What the task requires: Reproduce the top of the data verbatim, through and including the line that contains "const SIX_BITS: u64 = 64;".

*** Information provided ***

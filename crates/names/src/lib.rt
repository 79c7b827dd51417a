// Names: whether one may be asked for, and whether a stored one is the asked one. A caller's name is standard UTF-8, a stored one Java's
// modified UTF-8. No form of a name is written anywhere: each code point of the asked name is compared as it is read.
#![tactic(auto)]

ghost use Rattle.std.specs.Prelude.{◌≡◌, ◌++◌, ◌+◌, ◌<◌, ◌≤◌, length, MatchOption};
ghost use Rattle.names.specs.Layout.{in_two_bytes, in_three_bytes, high_of, low_of, past_plane, modified_of};
ghost use Rattle.names.specs.Reading.{continued, is_scalar};
ghost use Rattle.names.specs.Reading as reading;
ghost use Rattle.names.specs.Promises.{Refuses, Reads, BeginsWith, BeginsWithNone, SizeIs, form_stands_at};

use numbers::Position;
use std::str;

// The least first half of a pair of surrogates, the least second half, the first code point behind the surrogates, and one past the last.
const FIRST_HIGH: u64 = 0xD800;

const FIRST_LOW: u64 = 0xDC00;

const PAST_SURROGATES: u64 = 0xE000;

const PAST_LAST: u64 = 0x110000;

// Below these a code point has one byte, two and three in standard UTF-8.
const PAST_ONE_BYTE: u64 = 0x80;

const PAST_TWO_BYTES: u64 = 0x800;

const PAST_PLANE: u64 = 0x10000;

// The least byte of each kind: continuation bytes, and the lead bytes of two, three and four bytes; and one past the last of those.
const CONTINUATION: u64 = 0x80;

const LEAD_OF_TWO: u64 = 0xC0;

const LEAD_OF_THREE: u64 = 0xE0;

const LEAD_OF_FOUR: u64 = 0xF0;

const PAST_LEADS: u64 = 0xF8;

// One past the greatest number of six bits, which a continuation byte has, of twelve, which two have, and of ten, which a surrogate has.
const SIX_BITS: u64 = 64;

const TWELVE_BITS: u64 = 4096;

const TEN_BITS: u64 = 1024;

// How many bytes zero has, and a code point above FFFF, in modified form.
const ZERO_SIZE: usize = 2;

const PAIR_SIZE: usize = 6;

/// The most bytes that a name may have in modified form.
pub const NAME_LIMIT: usize = 65_535;

// ---- Standard UTF-8. Each of these answers a value that is read off the front of the bytes, and what is left; none where the bytes are none

// The value of the bits `lead` and of n continuation bytes.
fn continued(s: &[u8], n: usize, lead: u64) -> Option<(u64, &[u8])>
    requires { (n < 4) × (lead < 64) }
    ensures { MatchOption result (Refuses (continued n lead) s.now) (λ p. Reads (continued n lead) p.0 p.1.now s.now) }
{
    let mut value = lead;
    let mut rest = s;
    for _ in 0..n {
        let (&b, left) = rest.split_first()?;
        let b = u64::from(b);
        if b < CONTINUATION {
            return None;
        }
        if LEAD_OF_TWO <= b {
            return None;
        }
        value = value * SIX_BITS + (b - CONTINUATION);
        rest = left;
    }
    Some((value, rest))
}

// Whether it is a code point and no surrogate.
#[tactic(auto, using(crate::proofs::Decoding::scalar_below, crate::proofs::Decoding::scalar_behind, crate::proofs::Decoding::scalar_surrogate))]
fn is_scalar(value: u64) -> bool
    ensures { result ≡ is_scalar value }
{
    value < FIRST_HIGH || (PAST_SURROGATES <= value && value < PAST_LAST)
}

// The code point of the bits `lead` and of n continuation bytes. One below `least` has a shorter form, which is then the only one.
fn longer(s: &[u8], n: usize, least: u64, lead: u64) -> Option<(u64, &[u8])>
    requires { (n < 4) × (lead < 64) }
    ensures { MatchOption result (Refuses (reading.longer n least lead) s.now) (λ p. Reads (reading.longer n least lead) p.0 p.1.now s.now) }
{
    let (value, left) = continued(s, n, lead)?;
    if value < least {
        return None;
    }
    if !is_scalar(value) {
        return None;
    }
    Some((value, left))
}

// The first code point.
fn first_point(s: &[u8]) -> Option<(u64, &[u8])>
    ensures { MatchOption result (BeginsWithNone s.now) (λ p. BeginsWith p.0 p.1.now s.now) }
{
    let (&lead, left) = s.split_first()?;
    let lead = u64::from(lead);
    if lead < PAST_ONE_BYTE {
        return Some((lead, left));
    }
    if lead < LEAD_OF_TWO {
        return None;
    }
    if lead < LEAD_OF_THREE {
        return longer(left, 1, PAST_ONE_BYTE, lead - LEAD_OF_TWO);
    }
    if lead < LEAD_OF_FOUR {
        return longer(left, 2, PAST_TWO_BYTES, lead - LEAD_OF_THREE);
    }
    if lead < PAST_LEADS {
        return longer(left, 3, PAST_PLANE, lead - LEAD_OF_FOUR);
    }
    None
}

// ---- Modified UTF-8

// How many bytes a code point has in this form.
#[tactic(auto, unfolding(crate::specs::Layout::modified_of, crate::specs::Layout::standard_of))]
fn modified_size(value: u64) -> usize
    ensures { (result ≡ length (modified_of value)) × (result ≤ 6) }
{
    if value == 0 {
        return ZERO_SIZE;
    }
    if value < PAST_ONE_BYTE {
        return 1;
    }
    if value < PAST_TWO_BYTES {
        return 2;
    }
    if value < PAST_PLANE {
        return 3;
    }
    PAIR_SIZE
}

// Whether the two bytes of a value stand at `at`.
#[tactic(auto, using(crate::proofs::Steps::stands_two))]
fn two_at(s: &[u8], at: Position, value: u64) -> bool
    requires { at.0 + 2 ≤ length s.now }
    ensures { result ≡ form_stands_at (in_two_bytes value) at s.now }
{
    numbers::byte(s, at) == LEAD_OF_TWO + value / SIX_BITS
        && numbers::byte(s, Position(at.0 + 1)) == CONTINUATION + value % SIX_BITS
}

// Whether the three bytes of a value stand at `at`.
#[tactic(auto, using(crate::proofs::Steps::stands_three))]
fn three_at(s: &[u8], at: Position, value: u64) -> bool
    requires { at.0 + 3 ≤ length s.now }
    ensures { result ≡ form_stands_at (in_three_bytes value) at s.now }
{
    numbers::byte(s, at) == LEAD_OF_THREE + value / TWELVE_BITS
        && numbers::byte(s, Position(at.0 + 1)) == CONTINUATION + value / SIX_BITS % SIX_BITS
        && numbers::byte(s, Position(at.0 + 2)) == CONTINUATION + value % SIX_BITS
}

// Whether the two surrogates of a code point above FFFF stand at `at`.
fn pair_at(s: &[u8], at: Position, value: u64) -> bool
    requires { (at.0 + 6 ≤ length s.now) × (past_plane ≤ value) }
    ensures { result ≡ form_stands_at (in_three_bytes (high_of value) ++ in_three_bytes (low_of value)) at s.now }
{
    let above = value - PAST_PLANE;
    three_at(s, at, FIRST_HIGH + above / TEN_BITS)
        && three_at(s, Position(at.0 + 3), FIRST_LOW + above % TEN_BITS)
}

// Whether a code point stands at `at`, where there are bytes enough for it.
#[tactic(auto, using(crate::proofs::Steps::stands_one), unfolding(crate::specs::Layout::modified_of, crate::specs::Layout::standard_of))]
fn modified_at(s: &[u8], at: Position, value: u64) -> bool
    requires { at.0 + length (modified_of value) ≤ length s.now }
    ensures { result ≡ form_stands_at (modified_of value) at s.now }
{
    if value == 0 {
        return two_at(s, at, value);
    }
    if value < PAST_ONE_BYTE {
        return numbers::byte(s, at) == value;
    }
    if value < PAST_TWO_BYTES {
        return two_at(s, at, value);
    }
    if value < PAST_PLANE {
        return three_at(s, at, value);
    }
    pair_at(s, at, value)
}

// ---- Names

/// How many bytes an asked name has in modified form; none where they are more than NAME_LIMIT, and where it isn't standard UTF-8: such a name may not be asked for.
#[tactic(auto, using(crate::proofs::Text::size_other))]
pub fn asked_size(asked: &[u8]) -> Option<usize>
    ensures { SizeIs asked.now result }
{
    // In modified form it has no fewer bytes.
    if NAME_LIMIT < asked.len() {
        return None;
    }
    let Ok(text) = str::from_utf8(asked) else {
        return None;
    };
    let mut size = 0;
    for c in text.chars() {
        size += modified_size(u64::from(c));
        if NAME_LIMIT < size {
            return None;
        }
    }
    Some(size)
}

/// Whether the stored name is the asked one. It ends at the first code point that differs, so that it takes no longer than the stored name is.
pub fn matches(asked: &[u8], stored: &[u8]) -> bool
    ensures { result ≡ reading.matches asked.now stored.now }
{
    // In modified form the asked name has no fewer bytes.
    if stored.len() < asked.len() {
        return false;
    }
    let mut rest = asked;
    let mut q = 0;
    while !rest.is_empty() {
        let Some((value, left)) = first_point(rest) else {
            return false;
        };
        let size = modified_size(value);
        if stored.len() - q < size {
            return false;
        }
        if !modified_at(stored, Position(q), value) {
            return false;
        }
        q += size;
        rest = left;
    }
    q == stored.len()
}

*** End of Information provided ***

Task response:
filename crates/names/src/lib.rt
repository 79c7b827dd51417a
// Names: whether one may be asked for, and whether a stored one is the asked one. A caller's name is standard UTF-8, a stored one Java's
// modified UTF-8. No form of a name is written anywhere: each code point of the asked name is compared as it is read.
#![tactic(auto)]

ghost use Rattle.std.specs.Prelude.{◌≡◌, ◌++◌, ◌+◌, ◌<◌, ◌≤◌, length, MatchOption};
ghost use Rattle.names.specs.Layout.{in_two_bytes, in_three_bytes, high_of, low_of, past_plane, modified_of};
ghost use Rattle.names.specs.Reading.{continued, is_scalar};
ghost use Rattle.names.specs.Reading as reading;
ghost use Rattle.names.specs.Promises.{Refuses, Reads, BeginsWith, BeginsWithNone, SizeIs, form_stands_at};

use numbers::Position;
use std::str;

// The least first half of a pair of surrogates, the least second half, the first code point behind the surrogates, and one past the last.
const FIRST_HIGH: u64 = 0xD800;

const FIRST_LOW: u64 = 0xDC00;

const PAST_SURROGATES: u64 = 0xE000;

const PAST_LAST: u64 = 0x110000;

// Below these a code point has one byte, two and three in standard UTF-8.
const PAST_ONE_BYTE: u64 = 0x80;

const PAST_TWO_BYTES: u64 = 0x800;

const PAST_PLANE: u64 = 0x10000;

// The least byte of each kind: continuation bytes, and the lead bytes of two, three and four bytes; and one past the last of those.
const CONTINUATION: u64 = 0x80;

const LEAD_OF_TWO: u64 = 0xC0;

const LEAD_OF_THREE: u64 = 0xE0;

const LEAD_OF_FOUR: u64 = 0xF0;

const PAST_LEADS: u64 = 0xF8;

// One past the greatest number of six bits, which a continuation byte has, of twelve, which two have, and of ten, which a surrogate has.
const SIX_BITS: u64 = 64;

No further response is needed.